I did the one put on by PNW ISA. A lot of the same stuff is covered, but the focus is more on urban areas. It's starting to become a requirement for some of the municipalities around here.


----------



## toscottm (Apr 20, 2007)

*Liability Waiver: Hazard Assessments*

Greenleaf, Streyken & Mitchell,

Read your posts regarding a 'waiver of liability' for hazard assessements. 

While it is always best to arm yourself as best possible for potential liability defence, do also recognize that a waiver doesn't stop someone from suing you. It merely is a defensive tool. Should injury or damage arise, a victim can pursue you legally. They might base their case on matters alleged to be beyond the scope of the waiver. This is common in that waivers are only intended to void responsibility for those risks that can reasonably be assumed as something that was accepted willingly. Should you provide a hazard assessment and subsequently there is a tree failure resulting in injury or damage, you might be negligent. Recognize also that the 'non-assessment' is probably your greatest risk. Working in the arboriculture field presents the challenge that responsibility may arise (or just be alleged and therefore still cost you) for incidents whereby someone suggests that while you were servicing tree 'A', you should have noticed and warned about tree 'B'. 
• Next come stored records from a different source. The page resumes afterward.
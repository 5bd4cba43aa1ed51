// Breakpoints.
ghost use Rattle.std.specs.Prelude.{◌==◌, None, if◌then◌else◌};

use break_table::{BreakFault, BreakTable, Location, Spec};
use cond_expr::{Expr, parse};
use dbg_traits::View;
use elf_symbols::Symbols;
use std::alloc::Global;
use test_rows::Piece::{Count, Number, Text, Whether};
use test_rows::{RowFault, behind, number_at, push_told, said, shown, told, word_at};

/// The most numbers that are given.
const MOST: u32 = 1000;

/// A hart at an address. Each other register holds its number, and no byte is mapped.
#[derive(Clone, Copy)]
struct At(u32);

impl View for At {
    ghost registers = { λ v n. if n == 32 then v.0 else n };

    ghost bytes = { λ _ _. None };

    fn reg(&self, n: u32) -> u32 {
        if n == 32 { self.0 } else { n }
    }

    fn byte(&self, _addr: u32) -> Option<u8> {
        None
    }
}

// The condition of a text. None where it is none, or memory runs out.
fn condition_of(alloc: Global, names: &Symbols, text: &str) -> Option<Option<Expr>> {
    if text.is_empty() {
        return Some(None);
    }
    match parse(alloc, text.as_bytes(), names) {
        Ok(condition) => Some(Some(condition)),
        Err(_) => None,
    }
}

// An entry that stays, at an address.
fn plain(alloc: Global, address: u32) -> Spec {
    Spec {
        address,
        location: Location::of(Vec::new(alloc)),
        temporary: false,
        enabled: true,
        ignore: 0,
        condition: None,
        thread: None,
    }
}

// The entry of a row.
fn spec_of(alloc: Global, text: &str, condition: Option<Expr>) -> Spec {
    let (kind, thread) = (word_at(text, 1), word_at(text, 3));
    Spec {
        address: number_at(text, 0),
        location: Location::of(Vec::new(alloc)),
        temporary: kind == "temporary",
        enabled: kind != "disabled",
        ignore: number_at(text, 2),
        condition,
        thread: if thread == "all" {
            None
        } else {
            Some(number_at(text, 3))
        },
    }
}

// The number of a new entry, or why there is none.
fn insert(table: &mut BreakTable, spec: Spec) -> Result<u32, BreakFault> {
    if table.given() < MOST {
        table.insert(spec)
    } else {
        Err(BreakFault::Full)
    }
}

fn fill(
    alloc: Global,
    table: &mut BreakTable,
    (count, address, step): (u32, u32, u32),
) -> Result<String, RowFault> {
    let mut at = address;
    for k in 0..count {
        if insert(table, plain(alloc, at)) != Ok(k + 1) {
            return told(alloc, &[Number(k)]);
        }
        at = at.wrapping_sub(step);
    }
    told(alloc, &[Number(count)])
}

fn each(
    alloc: Global,
    table: &BreakTable,
    (count, address, step): (u32, u32, u32),
) -> Result<String, RowFault> {
    let mut at = address;
    for k in 0..count {
        if table.due(0, &At(at)).stop != Some(k + 1) || !table.stands(at) {
            return told(alloc, &[Number(k)]);
        }
        at = at.wrapping_sub(step);
    }
    told(alloc, &[Number(count)])
}

fn push_entries(alloc: Global, table: &BreakTable, into: &mut String) -> Result<(), RowFault> {
    for entry in table.entries() {
        push_told(
            alloc,
            into,
            &[
                Text("("),
                Number(entry.number),
                Text(" "),
                Count(entry.times),
                Text(" "),
                Number(entry.ignore),
                Text(")"),
            ],
        )?;
    }
    Ok(())
}

fn entries(alloc: Global, table: &BreakTable) -> Result<String, RowFault> {
    let mut text = String::new(alloc);
    push_entries(alloc, table, &mut text)?;
    Ok(text)
}

fn told_number(alloc: Global, made: Result<u32, BreakFault>) -> Result<String, RowFault> {
    match made {
        Ok(number) => told(alloc, &[Number(number)]),
        Err(fault) => shown(alloc, &fault),
    }
}

fn told_done(alloc: Global, done: Result<(), BreakFault>) -> Result<String, RowFault> {
    match done {
        Ok(()) => said(alloc, "done"),
        Err(fault) => shown(alloc, &fault),
    }
}

// An entry is made, or one has another condition.
fn with_condition(
    alloc: Global,
    table: &mut BreakTable,
    word: &str,
    rest: &str,
    condition: Option<Expr>,
) -> Result<String, RowFault> {
    if word == "insert" {
        told_number(alloc, insert(table, spec_of(alloc, rest, condition)))
    } else {
        told_done(alloc, table.condition(number_at(rest, 0), condition))
    }
}

fn due(alloc: Global, table: &BreakTable, hart: u32, pc: u32) -> Result<String, RowFault> {
    let due = table.due(hart, &At(pc));
    let (stop, error, counts) = (due.stop, due.error, due.counts);
    Ok(format!(in alloc; "{stop:?} {error:?} {counts}")?)
}

fn changed(
    alloc: Global,
    table: &mut BreakTable,
    word: &str,
    (number, count): (u32, u32),
) -> Result<String, RowFault> {
    let done = match word {
        "after" => table.after(number, count),
        "delete" => table.delete(number),
        "enable" => table.enable(number),
        "disable" => table.disable(number),
        _ => return Err(RowFault::Unknown),
    };
    told_done(alloc, done)
}

// What came of a row with numbers alone.
fn numbered(
    alloc: Global,
    table: &mut BreakTable,
    word: &str,
    (first, second, third): (u32, u32, u32),
) -> Result<String, RowFault> {
    match word {
        "fill" => fill(alloc, table, (first, second, third)),
        "each" => each(alloc, table, (first, second, third)),
        "due" => due(alloc, table, first, second),
        "stands" => told(alloc, &[Whether(table.stands(first))]),
        "entries" => entries(alloc, table),
        "arrive" => {
            table.settle_arrival(first, &At(second));
            said(alloc, "arrived")
        }
        _ => changed(alloc, table, word, (first, second)),
    }
}

/// What came of a row: `insert ADDRESS KIND IGNORE THREAD CONDITION..`, the entry's number, where a kind is `stays`, `temporary` or
/// `disabled`, and the thread 0 is thread 0, and `all` is none; `condition NUMBER TEXT`, by which an entry has this condition, or
/// none where the text is empty; `fill COUNT ADDRESS STEP`, by which so many entries are inserted, each behind the one before by the
/// step, and how many there are whose number is the next one; `each COUNT ADDRESS STEP`, of how many addresses in turn hart 0 is
/// stopped by the entry of the next number; `due HART ADDRESS`, `stands ADDRESS` and `arrive HART ADDRESS`; `entries`, the number,
/// the times and the ignore count of each; `after NUMBER COUNT`, by which so many of its arrivals are counted and don't stop; or
/// `delete NUMBER`, `enable NUMBER` and `disable NUMBER`.
pub fn answer(
    alloc: Global,
    names: &Symbols,
    table: &mut BreakTable,
    word: &str,
    rest: &str,
) -> Result<String, RowFault> {
    let text = match word {
        "insert" => behind(rest, 4),
        "condition" => behind(rest, 1),
        _ => {
            let numbers = (number_at(rest, 0), number_at(rest, 1), number_at(rest, 2));
            return numbered(alloc, table, word, numbers);
        }
    };
    match condition_of(alloc, names, text) {
        Some(condition) => with_condition(alloc, table, word, rest, condition),
        None => said(alloc, "no condition"),
    }
}
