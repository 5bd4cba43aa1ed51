// Texts that ask for bytes to be watched.
use cond_expr::ExprFault;
use elf_symbols::Symbols;
use std::alloc::Global;
use test_rows::Piece::{Hex, Number, Text, Whether};
use test_rows::{RowFault, told};
use watch_points::{WatchError, WatchFault, watch_of};

fn told_fault(alloc: Global, fault: WatchFault) -> Result<String, RowFault> {
    match fault {
        WatchFault::Expr(ExprFault { kind, at }) => {
            Ok(format!(in alloc; "{kind:?} at {at}: {fault}")?)
        }
        WatchFault::Form | WatchFault::Value => Ok(format!(in alloc; "{fault:?}: {fault}")?),
    }
}

/// The address, the size and whether there is a sign, of what a text asks for; or why nothing is watched.
pub fn watched(alloc: Global, names: &Symbols, text: &[u8]) -> Result<String, RowFault> {
    match watch_of(alloc, text, names) {
        Ok(found) => told(
            alloc,
            &[
                Hex(found.address),
                Text(" "),
                Number(found.size),
                Text(" "),
                Whether(found.signed),
            ],
        ),
        Err(WatchError::Fault(fault)) => told_fault(alloc, fault),
        Err(WatchError::NoMemory) => Err(RowFault::NoMemory),
    }
}

/// What is told where memory runs out.
pub fn told_want(alloc: Global) -> Result<String, RowFault> {
    Ok(format!(in alloc; "{}", WatchError::NoMemory)?)
}
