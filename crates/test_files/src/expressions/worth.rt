// Expressions, and what they are worth.
ghost use Rattle.std.specs.Prelude.{◌+◌, ◌%◌, ◌==◌, ◌&&◌, ◌||◌, nat_le, nat_lt, Some, None, if◌then◌else◌};

use cond_expr::{Expr, ExprFault, ParseError, parse, value};
use dbg_traits::View;
use elf_symbols::Symbols;
use std::alloc::Global;
use test_rows::RowFault;

/// Each register holds 100 and its number; the bytes from 4096 to 4103, and the last of all, are 128 and the low four bits of the address.
struct Numbered;

impl View for Numbered {
    ghost registers = { λ _ n. 100 + n };

    ghost bytes = { λ _ addr. if nat_le 4096 addr && (nat_lt addr 4104 || addr == 4294967295) then Some (128 + addr % 16) else None };

    fn reg(&self, n: u32) -> u32 {
        100 + n
    }

    fn byte(&self, addr: u32) -> Option<u8> {
        if addr >= 4096 && (addr < 4104 || addr == 0xFFFF_FFFF) {
            Some(128 + (addr % 16) as u8)
        } else {
            None
        }
    }
}

/// The value of a text, or its first fault and the fault's place.
pub fn worth(alloc: Global, names: &Symbols, text: &[u8]) -> Result<String, RowFault> {
    match parse(alloc, text, names) {
        Ok(e) => told_value(alloc, &e, text),
        Err(ParseError::Fault(fault)) => told_fault(alloc, fault),
        Err(ParseError::NoMemory) => Err(RowFault::NoMemory),
    }
}

fn told_value(alloc: Global, e: &Expr, text: &[u8]) -> Result<String, RowFault> {
    let value = value(e, &Numbered);
    let which = if e.text() == text {
        ""
    } else {
        " of another text"
    };
    Ok(format!(in alloc; "{value:?}{which}")?)
}

/// A fault and its place.
pub fn told_fault(alloc: Global, fault: ExprFault) -> Result<String, RowFault> {
    let (kind, at) = (fault.kind, fault.at);
    Ok(format!(in alloc; "{kind:?} at {at}")?)
}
The comment about the importance of errors & omissions insurance was a very good point. This should address three elements as there is a potential for liability arising from bodily injury, property damage and financial harm. Be sure to package this together as well to avoid insurers pointing fingers at one another.

If I may say so, my experience and knowledge is very strong in these respects. If you have any questions or concerns, please do not hesitate to contact me. There is much assistance and input that will be gladly shared.

Best Wishes!

Scott


----------



## Greenleaf (Apr 21, 2007)

I currently have the WDTA certification for both the sivliculture module and the parks and rec. However I've been thinking about taking the course offered by the PNW ISA. Streyken are the municipalities where you live only recognizing the PNW certification?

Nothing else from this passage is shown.